# Papillon coat growth...?



## Yui (Sep 12, 2009)

How long exactly does it take for a Papillon to grow a full lush coat, when they are already an adult, not a puppy? Sunny's coat is at the length of a 16 week old, I'm curious about what time he will start to get some fluff going on. >w<


----------



## Laurelin (Nov 2, 2006)

How old is he? And do you know if he's been shaved before or not?

Basic response is 2-4 years for a fully mature coat. 2 years for the coat usually and it can take longer to grow good amounts of fringe. But there are a lot of factors that go into coat/fringe length, one of the big ones being lineage. Many lines just don't have the coat length so what you have now may be all he ends up with. It's hard to know sense he's a rescue.


----------



## Yui (Sep 12, 2009)

He is 3 1/2. Yes he has, according to the previous owner, he was shaved during the summer. I saw a picture of him with fluff before he was shaved, it wasn't extravagent, but it was a pretty good amount. 

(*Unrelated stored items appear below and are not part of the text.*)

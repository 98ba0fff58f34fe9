//! What a frame tells once its elements and its parity are right.

ghost use Rattle.std.specs.Prelude.{◌≡◌};
ghost use Rattle.std.specs.Result.{ForOk};
ghost use Rattle.irig_frame.specs.Decoder.{IsCoded};
ghost use Rattle.irig_time.specs.Seconds.{IsValid};
ghost use Rattle.irig_port.specs.Told.{is_sbs_wrong, coded_told, values_told, IfClaim};

use crate::told::{PortFault, Told};
use irig_control::unpack;
use irig_frame::{Coded, FrameFault};
use irig_time::{Rules, SbsUse, claim_of};

/// What the values of a frame tell, or the fault of its first wrong field.
pub(crate) fn tell_values(rules: &Rules, values: Result<Coded, FrameFault>) -> Told
    requires { ForOk values IsCoded }
    ensures told { result ≡ values_told rules.now values }
    ensures valid { IfClaim result (λ claim. IsValid claim.at) }
{
    match values {
        Err(fault) => Told::Fault(PortFault::Frame(fault)),
        Ok(coded) => tell_coded(rules, &coded),
    }
}

#[tactic(auto, unfolding(crate::specs::Told::coded_told))]
fn tell_coded(rules: &Rules, coded: &Coded) -> Told
    requires { IsCoded coded.now }
    ensures told { result ≡ coded_told rules.now coded.now }
    ensures valid { IfClaim result (λ claim. IsValid claim.at) }
{
    if has_wrong_sbs(rules.sbs, coded) {
        return Told::Fault(PortFault::Sbs);
    }
    let control = unpack(coded.control);
    match claim_of(coded, &control, rules.sense) {
        Err(fault) => Told::Fault(PortFault::Time(fault)),
        Ok(_) if control.quality >= 10 => Told::Poor(control.quality),
        Ok(claim) => Told::Claim(claim),
    }
}

fn has_wrong_sbs(usage: SbsUse, coded: &Coded) -> bool
    requires { IsCoded coded.now }
    ensures { result ≡ is_sbs_wrong usage coded.now }
{
    let second_of_day = u32::from(coded.hour) * 3600
        + u32::from(coded.minute) * 60
        + u32::from(coded.second);
    match usage {
        SbsUse::Check => coded.second < 60 && coded.sbs != second_of_day,
        SbsUse::Ignore => false,
    }
}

I can't find the picture right now...but, I'll show an example of about how long it was using Braylors Jojo.


----------



## Laurelin (Nov 2, 2006)

I replied to this earlier but my reply is gone. 

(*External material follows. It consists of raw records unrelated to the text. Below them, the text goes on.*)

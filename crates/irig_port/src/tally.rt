//! What a port keeps of the symbols that it heard: plain numbers, and no symbol.

ghost use Rattle.std.specs.Prelude.{◌≡◌, ◌↔◌, ◌≤◌, ◌<◌, ◌-◌, ◌*◌, ◌^◌, ◌++◌, ℕ, List, [], IsTrue, None, IfOk, length, if◌then◌else◌};
ghost use Rattle.std.specs.Option.{option_or};
ghost use Rattle.irig_frame.specs.declared.symbol.Symbol.{Symbol};
ghost use Rattle.irig_frame.specs.FieldTable.{is_marker_place};
ghost use Rattle.irig_frame.specs.Symbols.{symbol_of};
ghost use Rattle.irig_frame.specs.declared.coded.Coded.{Coded};
ghost use Rattle.irig_frame.specs.Decoder.{least, most, IsCoded, Reads};
ghost use Rattle.irig_frame.specs.Faults.{element_fault, first_wrong};
ghost use Rattle.irig_time.specs.Seconds.{IsValid};
ghost use Rattle.irig_port.specs.Heard.{with_symbol, symbols_of, symbols_heard};
ghost use Rattle.irig_port.specs.Told.{told_of, IfClaim};
ghost use Rattle.irig_port.specs.Bits.{bits_at, bits_from, counted_ones, field_from, values_from, frame_from};
ghost use Rattle.irig_port.specs.Tallies.{control_word_in, fault_in, tally_told, IsTallyOf};

use crate::table::{Widths, widths_of};
use crate::told::{PortFault, Told};
use crate::verdict::tell_values;
use irig_frame::{Coded, Field, FrameFault, Symbol, classify, fault_at, is_one_width};
use irig_time::Rules;

/// What is wrong with the lowest wrong element.
#[repr(C)]
#[derive(Clone, Copy, Drop)]
pub struct FirstFault {
    /// 0 if no element is wrong, 3 for [`FrameFault::Pulse`], any other for
    /// [`FrameFault::Marker`], whose number is 4.
    pub kind: u8,
    /// The element, 0 to 99.
    pub element: u8,
}

pub(crate) const NO_FAULT: FirstFault = FirstFault {
    kind: 0,
    element: 0,
};

/// What a port keeps of the symbols that it heard since it was last empty: their number, the lowest
/// wrong element, and which of them were ones.
///
/// They are plain numbers, so a tally may be kept anywhere. Any numbers may stand in it: each call
/// returns, and what is claimed is a valid second.
#[repr(C)]
#[derive(Clone, Copy, Drop)]
pub struct Tally {
    /// How many symbols there were, 101 at most; past 100 nothing else counts.
    pub count: u32,
    /// The lowest wrong element.
    pub wrong: FirstFault,
    /// Bit i is a one at element i, 0 to 59: the time of day, the day and the year.
    pub time: u64,
    /// Bit i is a one at element 60 + i: the control bits and the straight binary seconds.
    pub control: u64,
}

impl Tally {
    /// The tally of no symbol, as of an empty port.
    pub fn none() -> Tally
        ensures of_none { IsTallyOf result [] }
        ensures empty { result.count ≡ 0 }
    {
        Tally {
            count: 0,
            wrong: NO_FAULT,
            time: 0,
            control: 0,
        }
    }

    /// One pulse more, `width_us` microseconds wide. From the 102nd on a pulse changes nothing that
    /// counts.
    #[inline]
    pub fn add(&mut self, width_us: u32)
        ensures added { (s : List Symbol) → IsTallyOf self.old s
            → IsTallyOf self.new (with_symbol s (symbol_of width_us)) }
        ensures few { self.new.count ≤ 101 }
    {
        if self.count > 100 {
            self.count = 101;
        } else {
            self.add_in_frame(width_us);
        }
    }

    /// Pulses, each of a width in microseconds, in their order.
    pub fn add_all(&mut self, widths_us: &[u32])
        ensures added { (w : List ℕ) → IsTallyOf self.old (symbols_heard w)
            → IsTallyOf self.new (symbols_heard (w ++ widths_us.now)) }
        ensures few { self.old.count ≤ 101 → self.new.count ≤ 101 }
    {
        // what a port hears as a rule: a frame, or all of it but its last pulse; three short loops
        // take less than half the time of the one
        if self.count == 0 && is_right_start(widths_us) {
            *self = Tally::of_start(widths_us);
        } else {
            self.add_each(widths_us);
        }
    }

    fn add_each(&mut self, widths_us: &[u32])
        ensures added { (w : List ℕ) → IsTallyOf self.old (symbols_heard w)
            → IsTallyOf self.new (symbols_heard (w ++ widths_us.now)) }
        ensures few { self.old.count ≤ 101 → self.new.count ≤ 101 }
    {
        // a copy, which registers can hold
        let mut tally = *self;
        for &width_us in widths_us {
            tally.add(width_us);
        }
        *self = tally;
    }

    // Of the first elements of a frame, at least the 60 of the time, none of them wrong.
    fn of_start(widths_us: &[u32]) -> Tally
        requires some { 60 ≤ length widths_us.now }
        requires few { length widths_us.now ≤ 100 }
        requires right { first_wrong 0 (symbols_of widths_us.now) ≡ None }
        ensures of_widths { IsTallyOf result (symbols_of widths_us.now) }
        ensures few { result.count ≤ 100 }
    {
        Tally {
            count: widths_us.len() as u32,
            wrong: NO_FAULT,
            time: bits_of(widths_us, 0, 60),
            control: bits_of(widths_us, 60, widths_us.len()),
        }
    }

    // The same as `add` if there are at most 100 symbols. The innermost loop of a plant: nothing
    // branches on the data but the note of a first fault.
    #[inline]
    fn add_in_frame(&mut self, width_us: u32)
        requires { self.old.count ≤ 100 }
        ensures added { (s : List Symbol) → IsTallyOf self.old s
            → IsTallyOf self.new (with_symbol s (symbol_of width_us)) }
        ensures few { self.new.count ≤ 101 }
    {
        let element = self.count;
        let is_one = is_one_width(width_us);
        if element < 60 {
            self.time = self.time.wrapping_add(bit_if(is_one, element));
        } else {
            self.control = self.control.wrapping_add(bit_if(is_one, element - 60));
        }
        self.count = element + 1;
        note(
            &mut self.wrong,
            element as u8,
            widths_of(element as usize),
            width_us,
        );
    }

    /// What the symbols tell, by the rules. A claim is of a [`valid`](irig_time::valid) second.
    #[tactic(auto, using(crate::proofs::NumberLaws::tally_tells))]
    pub fn tell(&self, rules: &Rules) -> Told
        ensures exact { result ≡ tally_told rules.now self.now }
        ensures told { (s : List Symbol) → IsTallyOf self.now s → result ≡ told_of rules.now s }
        ensures valid { IfClaim result (λ claim. IsValid claim.at) }
    {
        self.tell_exactly(rules)
    }

    /// The number of the control bits, below 2^18, as [`irig_control::unpack`] takes it: of 100
    /// symbols that read as a frame, the frame's.
    pub fn control_word(&self) -> u32
        ensures exact { result ≡ control_word_in self.now }
        ensures frame { (s : List Symbol) (coded : Coded) → IsTallyOf self.now s → Reads s coded
            → result ≡ coded.control }
        ensures few { result < 2 ^ 18 }
    {
        bits_at(self.control, 0, 9) + 512 * bits_at(self.control, 10, 9)
    }

    // Apart from `tell`, whose second clause follows from the first one here.
    fn tell_exactly(&self, rules: &Rules) -> Told
        ensures exact { result ≡ tally_told rules.now self.now }
        ensures valid { IfClaim result (λ claim. IsValid claim.at) }
    {
        if self.count == 0 {
            return Told::Silence;
        }
        if self.count < 100 {
            return Told::Fault(PortFault::Frame(FrameFault::Short(self.count as u8)));
        }
        if self.count > 100 {
            return Told::Fault(PortFault::Frame(FrameFault::Long));
        }
        tell_frame(rules, self)
    }
}

fn fault_of(wrong: FirstFault) -> Option<FrameFault>
    ensures { result ≡ fault_in wrong }
{
    match wrong.kind {
        0 => None,
        3 => Some(FrameFault::Pulse(wrong.element)),
        _ => Some(FrameFault::Marker(wrong.element)),
    }
}

#[inline]
fn bit_if(is_one: bool, bit: u32) -> u64
    requires { bit < 60 }
    ensures { result ≡ (if is_one then 2 ^ bit else 0) }
{
    u64::from(is_one) << bit
}

/// Whether there are 60 to 100 pulses, each of them right at its element.
fn is_right_start(widths_us: &[u32]) -> bool
    ensures { IsTrue result ↔ ((60 ≤ length widths_us.now) × (length widths_us.now ≤ 100)
        × (first_wrong 0 (symbols_of widths_us.now) ≡ None)) }
{
    (60..=100).contains(&widths_us.len()) && are_right(widths_us)
}

// Asks of each of them, as many at once as the machine can.
fn are_right(widths_us: &[u32]) -> bool
    requires { length widths_us.now ≤ 100 }
    ensures { IsTrue result ↔ (first_wrong 0 (symbols_of widths_us.now) ≡ None) }
{
    let mut are_right = true;
    for element in 0..widths_us.len() {
        are_right &= is_right(widths_of(element), widths_us[element]);
    }
    are_right
}

/// The number of the bits that these elements are, the first its lowest.
fn bits_of(widths_us: &[u32], first: usize, end: usize) -> u64
    requires inside { end ≤ length widths_us.now }
    requires some { first ≤ end }
    requires few { end - first ≤ 60 }
    ensures { result ≡ bits_from first (end - first) (symbols_of widths_us.now) }
{
    let mut bits = 0;
    for element in (first..end).rev() {
        bits = 2 * bits + bit_if(is_one_width(widths_us[element]), 0);
    }
    bits
}

#[inline]
fn note(wrong: &mut FirstFault, element: u8, right: &Widths, width_us: u32)
    ensures { right.now.least_us ≡ (if is_marker_place element then 6500 else 500)
        → right.now.count_us ≡ (if is_marker_place element then 3000 else 6000)
        → fault_in wrong.new
        ≡ option_or (fault_in wrong.old) (element_fault element (symbol_of width_us)) }
{
    if !is_right(right, width_us) {
        note_wrong(wrong, element, width_us);
    }
}

fn note_wrong(wrong: &mut FirstFault, element: u8, width_us: u32)
    ensures { fault_in wrong.new
        ≡ option_or (fault_in wrong.old) (element_fault element (symbol_of width_us)) }
{
    if wrong.kind == 0 {
        *wrong = first_fault(element, classify(width_us));
    }
}

#[inline]
fn is_right(right: &Widths, width_us: u32) -> bool
    ensures { (i : ℕ) → right.now.least_us ≡ (if is_marker_place i then 6500 else 500)
        → right.now.count_us ≡ (if is_marker_place i then 3000 else 6000)
        → IsTrue result ↔ (element_fault i (symbol_of width_us) ≡ None) }
{
    width_us.wrapping_sub(right.least_us) < right.count_us
}

fn first_fault(element: u8, symbol: Symbol) -> FirstFault
    ensures { fault_in result ≡ element_fault element symbol }
{
    match fault_at(element, symbol) {
        Some(FrameFault::Pulse(at)) => FirstFault {
            kind: 3,
            element: at,
        },
        Some(FrameFault::Marker(at)) => FirstFault {
            kind: 4,
            element: at,
        },
        _ => NO_FAULT,
    }
}

#[tactic(auto, unfolding(crate::specs::Bits::frame_from))]
fn tell_frame(rules: &Rules, tally: &Tally) -> Told
    ensures told { result ≡ frame_from rules.now (fault_in tally.now.wrong) tally.now.time
        tally.now.control }
    ensures valid { IfClaim result (λ claim. IsValid claim.at) }
{
    if let Some(fault) = fault_of(tally.wrong) {
        return Told::Fault(PortFault::Frame(fault));
    }
    if ones_in(tally) % 2 != u32::from(rules.parity.remainder()) {
        return Told::Fault(PortFault::Parity);
    }
    tell_values(rules, values_of(tally.time, tally.control))
}

/// How many ones the parity counts, which are those at the elements 0 to 75.
pub(crate) fn ones_in(tally: &Tally) -> u32
    ensures exact { result ≡ counted_ones tally.now.time tally.now.control }
    ensures few { result ≤ 128 }
{
    tally.time.count_ones() + (tally.control % 65_536).count_ones()
}

// Where the bits of each digit stand, IRIG Standard 200-16, format B.
#[tactic(auto, unfolding(crate::specs::Bits::values_from))]
fn values_of(time: u64, control: u64) -> Result<Coded, FrameFault>
    ensures value { result ≡ values_from time control }
    ensures in_range { IfOk result IsCoded }
{
    let second = byte_of(Field::Second, bits_at(time, 1, 4), bits_at(time, 6, 3))?;
    let minute = byte_of(Field::Minute, bits_at(time, 10, 4), bits_at(time, 15, 3))?;
    let hour = byte_of(Field::Hour, bits_at(time, 20, 4), bits_at(time, 25, 2))?;
    let day = field_of(
        Field::Day,
        bits_at(time, 30, 4),
        bits_at(time, 35, 4),
        bits_at(time, 40, 2),
    )? as u16;
    let year = byte_of(Field::Year, bits_at(time, 50, 4), bits_at(time, 55, 4))?;
    Ok(Coded {
        second,
        minute,
        hour,
        day,
        year,
        control: bits_at(control, 0, 9) + 512 * bits_at(control, 10, 9),
        sbs: bits_at(control, 20, 9) + 512 * bits_at(control, 30, 8),
    })
}

/// `count` bits of a number, from bit `from` on.
#[inline]
fn bits_at(number: u64, from: u32, count: u32) -> u32
    requires inside { from < 60 }
    requires few { count ≤ 9 }
    ensures exact { result ≡ bits_at number from count }
    ensures few { result < 2 ^ count }
{
    ((number >> from) % (1 << count)) as u32
}

fn byte_of(field: Field, units: u32, tens: u32) -> Result<u8, FrameFault>
    requires byte { most field ≤ 255 }
    requires small { (units < 16) × (tens < 16) }
    ensures value { result ≡ field_from field units (10 * tens) 0 }
    ensures in_range { IfOk result (λ n. (least field ≤ n) × (n ≤ most field)) }
{
    Ok(field_of(field, units, tens, 0)? as u8)
}

fn field_of(field: Field, units: u32, tens: u32, hundreds: u32) -> Result<u32, FrameFault>
    requires { (units < 16) × (tens < 16) × (hundreds < 4) }
    ensures value { result ≡ field_from field units (10 * tens) (100 * hundreds) }
    ensures in_range { IfOk result (λ n. (least field ≤ n) × (n ≤ most field)) }
{
    if units > 9 || tens > 9 {
        return Err(FrameFault::Digit(field));
    }
    let value = units + 10 * tens + 100 * hundreds;
    let (least, most) = field.bounds();
    if value < least || value > most {
        return Err(FrameFault::Range(field));
    }
    Ok(value)
}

I'd expect him to take about a year to get some major coat but I've never shaved a papillon so....


----------



## Michiyo-Fir (Jul 25, 2009)

It usually takes between 1-2 years. Some dogs just never get a ton of coat though. Especially the American line ones. I've seen some ultra fluffy Paps and some pretty sparse coated ones.

If you saw him fluffy at one time, he'll grow it back.


----------



## Yui (Sep 12, 2009)

Wow...that's quite a long wait...I wish I knew who bred him, so I could see his parents and see what their coats are like. ]:


----------



## Shalonda (Nov 18, 2009)

Why shave him anyway?


----------



## Yui (Sep 12, 2009)

"For the hot weather"...it's cold now...


----------



## Michiyo-Fir (Jul 25, 2009)

But sometimes you really don't know what you're going to get. I mean Nia's dad have a pretty good coat. Not extremely long but quite volumous. Nia's 1 year old now and hasn't got a lot of coat. So I suspect she won't have as much coat as her dad at all.

Here's dad.









Edit: I'll add Nia's picture when I charge my camera. Charging right now


----------



## Laurelin (Nov 2, 2006)

Yui said:


> "For the hot weather"...it's cold now...


Oh well, but really they don't need to be shaved. They have no undercoat.

Michiyo, bitches most often have a little less coat than the males. Nia looks good to me. How old is she again?

Nia's dad is smexy.


----------



## Michiyo-Fir (Jul 25, 2009)

Laurelin said:


> Michiyo, bitches most often have a little less coat than the males. Nia looks good to me. How old is she again?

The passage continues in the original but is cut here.